Houston Megafactory included in US$25 billion Capex spend over two years
In the second earnings call since CEO, Elon Musk, announced a change in Tesla’s mission statement from ‘accelerating the world’s transition to sustainable energy’ to ‘amazing abundance,’ the company co-founder and self-styled ‘Technoking’ said demand for the Megapack grid-scale BESS product line is “very strong,” and that the company was “excited to begin production of Megapack 3 later this year in our new world-class factory outside Houston.”
The third-generation Megapack is designed for integration into the new Megablock configuration, which includes integrated transformer hardware and allows multiple units to connect in a single cluster up to 20MWh of capacity.

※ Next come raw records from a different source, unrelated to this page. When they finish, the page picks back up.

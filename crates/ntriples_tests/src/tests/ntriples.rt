ghost use Rattle.std.specs.Prelude.{◌+◌, ◌<◌, ◌^◌, length};

use ntriples_io::{NtReader, NtRefusal, read_ntriples, read_pieces};
use rdf_terms::{Bytes, Graph, OutOfMemory, Scope, Term, Text};
use std::alloc::Global;

#[test]
fn the_scope_is_the_reader_s(rt: HostRuntime) -> Result<(), NtRefusal> {
    let graph = read_ntriples(rt.alloc(), Scope::Shapes, b"_:x <http://a/b> _:x .")?;
    assert_eq!(rt; graph.len(), 1);
    let blank = Term::Blank {
        scope: Scope::Shapes,
        label: Text::from_str(rt.alloc(), "x")?,
    };
    assert!(rt; graph.nth(0).subject() == &blank);
    Ok(())
}

fn fed_in_two(alloc: Global, first: &[u8], second: &[u8]) -> Result<Graph, NtRefusal>
    requires { length first.now + length second.now < 2 ^ 63 }
{
    let mut reader = NtReader::new(alloc, Scope::Data);
    reader.feed(first)?;
    reader.feed(second)?;
    reader.finish()
}

fn fed_by_byte(alloc: Global, bytes: &[u8]) -> Result<Graph, NtRefusal> {
    let mut reader = NtReader::new(alloc, Scope::Data);
    'feeding: for i in 0..bytes.len() {
        reader.feed(&bytes[i..i + 1])?;
    }
    reader.finish()
}

fn in_pieces(alloc: Global, bytes: &[u8]) -> Result<Graph, NtRefusal> {
    let half = bytes.len() / 2;
    let mut first = Bytes::new(alloc);
    first.append(&bytes[..half])?;
    let mut second = Bytes::new(alloc);
    second.append(&bytes[half..])?;
    read_pieces(alloc, Scope::Data, &[first, second])
}

const GOOD: &str =
    "<http://a/a> <http://a/b> \"\u{e9}\u{1f600}\"@EN .\r\n\r# c\n_:x <http://a/b> _:y.\r\n_:x <http://a/b> _:y .";

#[test]
fn every_cutting_reads_the_same(rt: HostRuntime) -> Result<(), NtRefusal> {
    let bytes = GOOD.as_bytes();
    let whole = read_ntriples(rt.alloc(), Scope::Data, bytes)?;
    assert_eq!(rt; whole.len(), 2);
    for cut in 0..bytes.len() + 1 {
        let parts = fed_in_two(rt.alloc(), &bytes[..cut], &bytes[cut..])?;
        assert!(rt; parts == whole, "cut at {cut}");
    }
    assert!(rt; fed_by_byte(rt.alloc(), bytes)? == whole);
    assert!(rt; in_pieces(rt.alloc(), bytes)? == whole);
    Ok(())
}

#[test]
fn every_cutting_names_the_same_line(rt: HostRuntime) -> Result<(), NtRefusal> {
    let bytes = b"#\r\n_:x <http://a/b> _:y .\r\r\nbad\r\nworse";
    for cut in 0..bytes.len() + 1 {
        match fed_in_two(rt.alloc(), &bytes[..cut], &bytes[cut..]) {
            Err(NtRefusal::Syntax { line }) => assert_eq!(rt; line, 4, "cut at {cut}"),
            _ => assert!(rt; false, "not refused, cut at {cut}"),
        }
    }
    match fed_by_byte(rt.alloc(), bytes) {
        Err(NtRefusal::Syntax { line }) => assert_eq!(rt; line, 4),
        _ => assert!(rt; false, "not refused"),
    }
    match in_pieces(rt.alloc(), bytes) {
        Err(NtRefusal::Syntax { line }) => assert_eq!(rt; line, 4),
        _ => assert!(rt; false, "not refused"),
    }
    Ok(())
}

#[test]
fn a_line_is_refused_when_it_ends_and_from_then_on(rt: HostRuntime) -> Result<(), NtRefusal> {
    let refused = NtRefusal::Syntax { line: 2 };
    let mut reader = NtReader::new(rt.alloc(), Scope::Data);
    reader.feed(b"#\nbad")?;
    assert_eq!(rt; reader.bytes_taken(), 5);
    assert!(rt; reader.feed(b"\r") == Err(refused));
    assert!(rt; reader.feed(b"") == Err(refused));
    assert!(rt; reader.feed(b"\nworse\n") == Err(refused));
    match reader.finish() {
        Err(refusal) => assert!(rt; refusal == refused),
        Ok(_) => assert!(rt; false, "read"),
    }
    Ok(())
}

#[test]
fn an_unfinished_line_is_refused_at_the_end(rt: HostRuntime) -> Result<(), NtRefusal> {
    let bytes = b"<http://example.org/a> <http://example.org/p> \"y\" .
<http://example.org/a> <http://example.org/p> \"y\" .
<http://example.org/a> <http://example.org/p> \"x";
    let mut reader = NtReader::new(rt.alloc(), Scope::Data);
    'feeding: for i in 0..bytes.len() {
        assert!(rt; reader.feed(&bytes[i..i + 1]).is_ok(), "at {i}");
    }
    match reader.finish() {
        Err(NtRefusal::Syntax { line }) => assert_eq!(rt; line, 3),
        _ => assert!(rt; false, "not refused"),
    }
    Ok(())
}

Tesla’s third so-called Megafactory joins its California facility, which has already ramped to its planned 40GWh annual production capacity and the company’s site in Shanghai, China, which is currently at 20GWh annual capacity but also intended for ramp-up to the same size as its counterpart in the US.
Meanwhile, the Powerwall residential product continues to be produced at the original Nevada Gigafactory, with an annual production capacity of around 6GWh, according to an investor deck.
The factory in Texas is one of six the company is investing in currently across its business lines. Alongside robotics and AI chip research investments, CFO Taneja said Tesla expects to spend US$25 billion in Capex across the 2025-2026 timeframe.